### [WORK TO COMPLETE]
The string "most" may appear in lines of the entries below. Report how many lines hold it, with only the number.
GIVEN RECORDS START
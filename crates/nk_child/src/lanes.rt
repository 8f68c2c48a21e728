// The messages of the two lanes. Those of the background lane wait in the hold until the start of their hop is in the queue.

ghost use Rattle.std.specs.Prelude.{◌≡◌, ◌<◌, ◌≤◌, ◌+◌, ◌^◌, [], IfOk, OnOk, OnErr, length, true, false};
ghost use Rattle.std.specs.Option.{option_to_list};
ghost use Rattle.nk_base.specs.declared.status.Target.{Target};
ghost use Rattle.nk_base.specs.declared.status.Target.TheVariants as target;
ghost use Rattle.nk_base.specs.Queue.{posted_to, is_busy};
ghost use Rattle.nk_base.specs.Ranges.{IsMainInRange, IsHop};
ghost use Rattle.nk_plan.specs.Child.{offer_event, offer_all, with_entry, back_events_of, back_events, child_step};
ghost use Rattle.nk_plan.specs.Enabled.{child_enabled};
ghost use Rattle.nk_plan.specs.declared.step.ChildStep.TheVariants as step;
ghost use Rattle.nk_base.specs.declared.message.MainMsg.TheVariants as main;
ghost use Rattle.nk_base.specs.Status.{moved_if};
ghost use Rattle.nk_child.specs.Shown.{with_shown, event_sends, offer_shown};
ghost use Rattle.nk_child.specs.Views.{HasRoom, Leaves, Counted, Gains};

use crate::queued::Queued;
use crate::work::Work;
use nk_base::{BackMsg, Entry, Head, MainMsg, Memory, Moved, Out, Status, Target};
use nk_hold::{Held, Kept, Released};
use nk_plan::{ChildEntry, ChildEvent, StartLane};

impl Work {
    /// A message of the main lane is entered and its event offered, once what that shows is ready.
    fn enter_offer(&mut self, taken: ChildEntry, e: Queued, shown: Option<Entry>)
        requires rooms { HasRoom 2 1 self.old.rooms }
        requires counts { Counted self.old.state }
        requires quiet { event_sends self.old.state.kept e ≡ [] }
        requires shown { shown ≡ offer_shown self.old.plan self.old.state.hop self.old.state.kept self.old.state.queue target.Main e }
        ensures ok { Leaves 2 1 self.old self.new (offer_event self.old.plan target.Main e (with_entry taken self.old.state)) }
        ensures trace { self.new.state.trace ≡ with_shown self.old.state.trace shown }
        ensures sent { self.new.state.sent ≡ self.old.state.sent }
        ensures busy { is_busy self.new.state.queue ≡ true }
    {
        self.note(taken);
        self.offer(Target::Main, e, shown);
    }

    /// Takes a message of the main lane: enters it, and offers its event.
    #[tactic(auto, using(crate::proofs::Gains::gains_shown))]
    fn take<D: Out<Entry>>(
        &mut self,
        taken: ChildEntry,
        e: Queued,
        delivery: &mut D,
    ) -> Result<(), Memory>
        requires rooms { HasRoom 2 1 self.old.rooms }
        requires counts { Counted self.old.state }
        requires quiet { event_sends self.old.state.kept e ≡ [] }
        requires delivery { 0 < D.room delivery.old }
        ensures ok { OnOk result (Leaves 2 1 self.old self.new (offer_event self.old.plan target.Main e (with_entry taken self.old.state))) }
        ensures trace { OnOk result (Gains self.old.state.trace self.new.state.trace (D.staged delivery.old) (D.staged delivery.new)) }
        ensures sent { self.new.state.sent ≡ self.old.state.sent }
        ensures busy { OnOk result (is_busy self.new.state.queue ≡ true) }
        ensures err { OnErr result (self.new ≡ self.old) }
        ensures held { D.held delivery.new ≡ D.held delivery.old }
        ensures room { D.room delivery.new + length (D.staged delivery.new) ≡ D.room delivery.old + length (D.staged delivery.old) }
    {
        let shown = self.ready(Target::Main, &e, delivery)?;
        self.enter_offer(taken, e, shown);
        Ok(())
    }

    /// A start is queued, and is told to the hold.
    fn take_start<D: Out<Entry>>(
        &mut self,
        hop: u32,
        status: Status,
        head: Head,
        delivery: &mut D,
    ) -> Result<(), Memory>
        requires rooms { HasRoom 2 2 self.old.rooms }
        requires counts { Counted self.old.state }
        requires in_range { IsHop hop }
        requires broken { self.old.state.broken ≡ false }
        requires delivery { 0 < D.room delivery.old }
        ensures plan { self.new.plan ≡ self.old.plan }
        ensures state { OnOk result (self.new.state ≡ child_step self.old.plan (step.Main (main.Start hop status head)) self.old.state) }
        ensures trace { OnOk result (Gains self.old.state.trace self.new.state.trace (D.staged delivery.old) (D.staged delivery.new)) }
        ensures sent { self.new.state.sent ≡ self.old.state.sent }
        ensures err { OnErr result (self.new ≡ self.old) }
        ensures held { D.held delivery.new ≡ D.held delivery.old }
        ensures room { D.room delivery.new + length (D.staged delivery.new) ≡ D.room delivery.old + length (D.staged delivery.old) }
    {
        let start = Queued::new(ChildEvent::Start {
            code: head.code,
            status,
        });
        let taken = ChildEntry::TookMain(MainMsg::Start { hop, status, head });
        self.take(taken, start, delivery)?;
        self.hold.start_queued(hop);
        Ok(())
    }

    /// A failed opening is a start and a stop.
    fn take_failed<D: Out<Entry>>(
        &mut self,
        hop: u32,
        status: Status,
        delivery: &mut D,
    ) -> Result<(), Memory>
        requires rooms { HasRoom 2 2 self.old.rooms }
        requires counts { Counted self.old.state }
        requires broken { self.old.state.broken ≡ false }
        requires delivery { 0 < D.room delivery.old }
        ensures plan { self.new.plan ≡ self.old.plan }
        ensures state { OnOk result (self.new.state ≡ child_step self.old.plan (step.Main (main.FailedOpen hop status)) self.old.state) }
        ensures trace { OnOk result (Gains self.old.state.trace self.new.state.trace (D.staged delivery.old) (D.staged delivery.new)) }
        ensures sent { self.new.state.sent ≡ self.old.state.sent }
        ensures err { OnErr result (self.new ≡ self.old) }
        ensures held { D.held delivery.new ≡ D.held delivery.old }
        ensures room { D.room delivery.new + length (D.staged delivery.new) ≡ D.room delivery.old + length (D.staged delivery.old) }
    {
        let taken = ChildEntry::TookMain(MainMsg::FailedOpen { hop, status });
        let start = Queued::new(ChildEvent::Start { code: 0, status });
        self.take(taken, start, delivery)?;
        let stop = Queued::new(ChildEvent::Stop { status });
        self.offer_next(Target::Main, stop);
        Ok(())
    }

    /// The page is asked about a redirect.
    fn take_redirect1<D: Out<Entry>>(
        &mut self,
        hop: u32,
        code: u16,
        delivery: &mut D,
    ) -> Result<(), Memory>
        requires rooms { HasRoom 2 2 self.old.rooms }
        requires counts { Counted self.old.state }
        requires in_range { IsHop hop }
        requires broken { self.old.state.broken ≡ false }
        requires delivery { 0 < D.room delivery.old }
        ensures plan { self.new.plan ≡ self.old.plan }
        ensures state { OnOk result (self.new.state ≡ child_step self.old.plan (step.Main (main.Redirect1 hop code)) self.old.state) }
        ensures trace { OnOk result (Gains self.old.state.trace self.new.state.trace (D.staged delivery.old) (D.staged delivery.new)) }
        ensures sent { self.new.state.sent ≡ self.old.state.sent }
        ensures err { OnErr result (self.new ≡ self.old) }
        ensures held { D.held delivery.new ≡ D.held delivery.old }
        ensures room { D.room delivery.new + length (D.staged delivery.new) ≡ D.room delivery.old + length (D.staged delivery.old) }
    {
        let taken = ChildEntry::TookMain(MainMsg::Redirect1 { hop, code });
        let question = Queued::new(ChildEvent::Redirect1 { hop });
        self.take(taken, question, delivery)
    }

    /// A redirect is completed. Where starts travel on the background lane, the next hop is told to the hold.
    fn take_redirect3<D: Out<Entry>>(&mut self, hop: u32, delivery: &mut D) -> Result<(), Memory>
        requires rooms { HasRoom 2 2 self.old.rooms }
        requires counts { Counted self.old.state }
        requires in_range { IsHop hop }
        requires broken { self.old.state.broken ≡ false }
        requires delivery { 0 < D.room delivery.old }
        ensures plan { self.new.plan ≡ self.old.plan }
        ensures state { OnOk result (self.new.state ≡ child_step self.old.plan (step.Main (main.Redirect3 hop)) self.old.state) }
        ensures trace { OnOk result (Gains self.old.state.trace self.new.state.trace (D.staged delivery.old) (D.staged delivery.new)) }
        ensures sent { self.new.state.sent ≡ self.old.state.sent }
        ensures err { OnErr result (self.new ≡ self.old) }
        ensures held { D.held delivery.new ≡ D.held delivery.old }
        ensures room { D.room delivery.new + length (D.staged delivery.new) ≡ D.room delivery.old + length (D.staged delivery.old) }
    {
        let taken = ChildEntry::TookMain(MainMsg::Redirect3 { hop });
        let completed = Queued::new(ChildEvent::Redirect3 { hop });
        self.take(taken, completed, delivery)?;
        match self.plan.start {
            StartLane::Main => {}
            StartLane::Back => self.hold.start_queued(hop + 1),
        }
        Ok(())
    }

    /// Takes the next message of the main lane.
    pub(crate) fn main<D: Out<Entry>>(
        &mut self,
        m: MainMsg,
        delivery: &mut D,
    ) -> Result<Moved, Memory>
        requires rooms { HasRoom 2 2 self.old.rooms }
        requires counts { Counted self.old.state }
        requires in_range { IsMainInRange m }
        requires delivery { 0 < D.room delivery.old }
        ensures plan { self.new.plan ≡ self.old.plan }
        ensures state { OnOk result (self.new.state ≡ child_step self.old.plan (step.Main m) self.old.state) }
        ensures answer { IfOk result (λ r. r ≡ moved_if (child_enabled self.old.plan (step.Main m) self.old.state)) }
        ensures trace { OnOk result (Gains self.old.state.trace self.new.state.trace (D.staged delivery.old) (D.staged delivery.new)) }
        ensures sent { self.new.state.sent ≡ self.old.state.sent }
        ensures err { OnErr result (self.new ≡ self.old) }
        ensures held { D.held delivery.new ≡ D.held delivery.old }
        ensures room { D.room delivery.new + length (D.staged delivery.new) ≡ D.room delivery.old + length (D.staged delivery.old) }
    {
        if self.broken {
            return Ok(Moved::Idle);
        }
        match m {
            MainMsg::Start { hop, status, head } => self.take_start(hop, status, head, delivery)?,
            MainMsg::FailedOpen { hop, status } => self.take_failed(hop, status, delivery)?,
            MainMsg::Redirect1 { hop, code } => self.take_redirect1(hop, code, delivery)?,
            MainMsg::Redirect3 { hop } => self.take_redirect3(hop, delivery)?,
        }
        Ok(Moved::Did)
    }

    /// Offers an event of the background lane. Its target is another, so it waits.
    #[tactic(auto, using(crate::proofs::Backs::never_on_back))]
    fn offer_back(&mut self, e: Queued)
        requires room { 0 < self.old.rooms.queue }
        requires posted { is_busy self.old.state.queue ≡ false → (t : Target) → posted_to self.old.state.queue t < 2 ^ 62 }
        ensures plan { self.new.plan ≡ self.old.plan }
        ensures state { self.new.state ≡ offer_event self.old.plan target.Back e self.old.state }
        ensures room { self.old.rooms.queue ≤ self.new.rooms.queue + 1 }
        ensures trace { self.new.state.trace ≡ self.old.state.trace }
        ensures sent { self.new.state.sent ≡ self.old.state.sent }
        ensures busy { is_busy self.new.state.queue ≡ true }
    {
        let _ = self.queue.offer(e, Target::Back);
    }

    /// Takes the next message of the background lane.
    #[tactic(auto, using(crate::proofs::Gains::gains_none))]
    pub(crate) fn back(&mut self, m: BackMsg) -> Result<Moved, Memory>
        requires rooms { HasRoom 2 2 self.old.rooms }
        requires counts { Counted self.old.state }
        ensures plan { self.new.plan ≡ self.old.plan }
        ensures state { OnOk result (self.new.state ≡ child_step self.old.plan (step.Back m) self.old.state) }
        ensures answer { IfOk result (λ r. r ≡ moved_if (child_enabled self.old.plan (step.Back m) self.old.state)) }
        ensures trace { self.new.state.trace ≡ self.old.state.trace }
        ensures sent { self.new.state.sent ≡ self.old.state.sent }
        ensures err { OnErr result (self.new ≡ self.old) }
    {
        if self.broken {
            return Ok(Moved::Idle);
        }
        let taken = m.share()?;
        match self.hold.back(m) {
            Held::Noted => self.note(ChildEntry::TookBack(taken)),
            Held::Kept => self.note(ChildEntry::TookBack(taken)),
            Held::Pass(m) => {
                self.note(ChildEntry::TookBack(taken));
                if let Some(e) = event_of(m) {
                    self.offer_back(e);
                }
            }
        }
        Ok(Moved::Did)
    }

    /// Offers the events of these messages in order.
    fn offer_kept(&mut self, kept: Kept)
        requires room { length kept ≤ self.old.rooms.queue }
        requires posted { is_busy self.old.state.queue ≡ false → (t : Target) → posted_to self.old.state.queue t < 2 ^ 62 }
        ensures plan { self.new.plan ≡ self.old.plan }
        ensures state { self.new.state ≡ offer_all self.old.plan target.Back (back_events kept) self.old.state }
        ensures trace { self.new.state.trace ≡ self.old.state.trace }
        ensures sent { self.new.state.sent ≡ self.old.state.sent }
    {
        let mut rest = kept;
        while let Some(m) = rest.take() {
            match event_of(m) {
                None => {}
                Some(e) => self.offer_back(e),
            }
        }
    }

    /// Whether a start is queued whose hop the hold has not let go.
    pub(crate) fn can_release(&self) -> bool
        ensures { result ≡ child_enabled self.now.plan step.Release self.now.state }
    {
        !self.broken && self.hold.report().is_some()
    }

    /// The start of a hop is queued: what the hold keeps of that hop is let go.
    #[tactic(auto, using(crate::proofs::Backs::few_of_hop))]
    pub(crate) fn release(&mut self) -> Result<Moved, Memory>
        requires rooms { HasRoom 2 2 self.old.rooms }
        requires counts { Counted self.old.state }
        ensures plan { self.new.plan ≡ self.old.plan }
        ensures state { OnOk result (self.new.state ≡ child_step self.old.plan step.Release self.old.state) }
        ensures answer { IfOk result (λ r. r ≡ moved_if (child_enabled self.old.plan step.Release self.old.state)) }
        ensures trace { self.new.state.trace ≡ self.old.state.trace }
        ensures sent { self.new.state.sent ≡ self.old.state.sent }
        ensures err { OnErr result (self.new.state ≡ self.old.state) }
    {
        if self.broken {
            return Ok(Moved::Idle);
        }
        let most = self.hold.kept();
        self.queue.reserve(most)?;
        self.hold.reserve(most)?;
        match self.hold.release() {
            Released::Idle => Ok(Moved::Idle),
            Released::Messages(kept) => {
                self.note(ChildEntry::Release(kept.len()));
                self.offer_kept(kept);
                Ok(Moved::Did)
            }
        }
    }
}

/// The event of a message of the background lane.
fn event_of(m: BackMsg) -> Option<Queued>
    ensures { back_events_of m ≡ option_to_list result }
{
    match m {
        BackMsg::Start { status, head, .. } => Some(Queued::new(ChildEvent::Start {
            code: head.code,
            status,
        })),
        BackMsg::StartSent { .. } => None,
        BackMsg::Bytes {
            status,
            offset,
            piece,
            ..
        } => Some(Queued::new(ChildEvent::Bytes {
            offset,
            piece,
            status,
        })),
        BackMsg::Stop { status, .. } => Some(Queued::new(ChildEvent::Stop { status })),
    }
}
GIVEN RECORDS END
### [TASK SOLUTION]
3